Here's our two issues right now.
1. Her pee accidents seem to be in streaks…no accidents for as much as a day an a half at a time, then a string of three right in a row. We are pretty on top of going outside (every 30-45 minutes). After one puddle, we say a firm no, take her out, and she squats for us again outside (treat reward). She then comes back in and senses the cleanup or something, because she's very likely to pee again within minutes…again she can go an entire day without incident, and then there will be a half hour of pee chaos. Thoughts?

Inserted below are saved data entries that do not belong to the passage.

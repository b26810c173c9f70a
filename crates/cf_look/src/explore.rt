//! The search of all orders in which callers' steps can come.
use crate::args::Exploring;
use crate::input::{input_of, read_json};
use anyhow::{Result, anyhow};
use cf_explore::{Found, Search, Witness};
use cf_question::{
    Grouped, OrderShape, Question, QuestionFault, Standing, grouped_by, json_of, read_question,
    standing_of, text_of, witness_of, witnesses,
};
use serde_json::Value as Json;
use std::alloc::{AllocError, Global};
use std::fmt::Display;
use std::rt::{Clock, Files};
use std::time::Instant;

/// All that must hold holds.
const HOLDS: u8 = 0;

/// Something doesn't.
const FAILS: u8 = 1;

/// The question can't be read.
const NO_QUESTION: u8 = 2;

/// The bound ended the search before all orders were seen, and nothing failed by then.
const NOT_ALL: u8 = 3;

/// Whether a text is a question rather than a script: it has callers, and is no account.
pub(crate) fn is_question(json: &Json) -> bool {
    json.get("callers").is_some() && json.get("plan").is_none()
}

/// Why a text is no question, or nothing where it is one.
pub(crate) fn fault_of(alloc: Global, json: &Json) -> Result<Option<QuestionFault>> {
    match read_question(alloc, json) {
        Ok(_) => Ok(None),
        Err(QuestionFault::NoMemory) => Err(AllocError.into()),
        Err(fault) => Ok(Some(fault)),
    }
}

/// Searches the question on standard input, and tells what was found.
pub(crate) fn explore_one<R: Input + Print + Eprint + AllocGlobal + Clock + Files>(
    rt: &R,
    asked: &Exploring,
) -> Result<u8> {
    let Ok(input) = input_of(rt) else {
        eprintln!(rt; "unreadable: standard input")?;
        return Ok(NO_QUESTION);
    };
    explore_text(rt, input.as_slice(), asked)
}

/// Searches the question of these bytes.
fn explore_text<R: Print + Eprint + AllocGlobal + Clock + Files>(
    rt: &R,
    text: &[u8],
    asked: &Exploring,
) -> Result<u8> {
    match read_json(rt.alloc(), text)? {
        Ok(json) => explore_json(rt, &json, asked),
        Err(why) => {
            let fault = refuse(rt, &"fault 2 not json")?;
            eprintln!(rt; "question: {why}")?;
            Ok(fault)
        }
    }
}

/// Searches the question that is this JSON value.
fn explore_json<R: Print + Eprint + AllocGlobal + Clock + Files>(
    rt: &R,
    json: &Json,
    asked: &Exploring,
) -> Result<u8> {
    match read_question(rt.alloc(), json) {
        Ok(question) => searched(rt, &question, asked),
        Err(QuestionFault::NoMemory) => Err(AllocError.into()),
        Err(fault) => refuse(rt, &fault),
    }
}

/// Writes why a text is no question.
fn refuse<R: Eprint, D: Display>(rt: &R, why: &D) -> Result<u8> {
    eprintln!(rt; "refused: {why}")?;
    Ok(NO_QUESTION)
}

/// Searches a question, and tells what was found.
fn searched<R: Print + Eprint + AllocGlobal + Clock + Files>(
    rt: &R,
    question: &Question,
    asked: &Exploring,
) -> Result<u8> {
    let mut search = question.program.begin(rt.alloc(), &question.conditions)?;
    go_on(rt, question, asked, &mut search)?;
    write_found(rt, question, asked, &search.found)?;
    Ok(status_of(question, &search.found))
}

/// Searches layer by layer, until all orders are seen, the bound is reached or the file that is to be there is gone. Each
/// second it says how far it is.
fn go_on<R: Eprint + AllocGlobal + Clock + Files>(
    rt: &R,
    question: &Question,
    asked: &Exploring,
    search: &mut Search,
) -> Result<()> {
    let mut told = Instant::now(rt)?;
    for _ in 0..u32::MAX {
        if !search.is_on {
            break;
        }
        question.program.go_on(
            rt.alloc(),
            &question.functions,
            &question.conditions,
            asked.states,
            search,
        )?;
        if told.elapsed(rt)?.as_millis() >= 1_000 {
            told = Instant::now(rt)?;
            write_progress(rt, &search.found)?;
            if asked.is_over(rt) {
                break;
            }
        }
    }
    Ok(())
}

/// Says how far a search is.
fn write_progress<R: Eprint>(rt: &R, found: &Found) -> Result<()> {
    eprintln!(rt;
        "{} situations, orders of {} moves, {} ends",
        found.trail.len(),
        found.moves,
        found.ends.len()
    )?;
    Ok(())
}

/// Writes what was found: all of it, or one order.
fn write_found<R: Print + AllocGlobal>(
    rt: &R,
    question: &Question,
    asked: &Exploring,
    found: &Found,
) -> Result<()> {
    let groups = grouped_by(rt.alloc(), found, asked.of.as_deref())?;
    match asked.order {
        None => write_all(rt, question, asked.json, found, groups.as_slice()),
        Some((number, shape)) => {
            let witness = witness_at(rt.alloc(), found, groups.as_slice(), number)?;
            let text = witness_of(rt.alloc(), question, found, witness, shape)?;
            Ok(println!(rt; "{text}")?)
        }
    }
}

fn write_all<R: Print + AllocGlobal>(
    rt: &R,
    question: &Question,
    as_json: bool,
    found: &Found,
    groups: &[Grouped],
) -> Result<()> {
    let text = if as_json {
        json_of(rt.alloc(), question, found, groups)?
    } else {
        text_of(rt.alloc(), question, found, groups)?
    };
    Ok(print!(rt; "{text}")?)
}

/// The witness of this number.
fn witness_at(alloc: Global, found: &Found, groups: &[Grouped], number: usize) -> Result<Witness> {
    let all = witnesses(alloc, found, groups)?;
    match all.get(number) {
        Some(witness) => Ok(*witness),
        None => Err(anyhow!("there is no order {number}")),
    }
}

/// The status that tells whether all holds.
fn status_of(question: &Question, found: &Found) -> u8 {
    let mut worst = if found.whole { HOLDS } else { NOT_ALL };
    for (k, condition) in question.conditions.iter().enumerate() {
        let is_decided = found.decisions.get(k).copied().flatten().is_some();
        if standing_of(condition.how, is_decided, found.whole) == Standing::Fails {
            worst = FAILS;
        }
    }
    worst
}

2. This one caught me off guard: she doesn't like to go for a walk … at all. Is 8 weeks too young to expect a short walk of a block or two? Should we make all outside activity at this young age be focused on potty training only? She often will go for us and then want to head right back inside. Whether she has to go or not, she cries on the way outside (a couple flights of steps) and fights the leash a lot with misdirection and refusing to walk. Everyone said so much about the Vizsla energy, so we were prepared for a lot of walking. Perhaps I'm expecting that too soon and need to chill out. 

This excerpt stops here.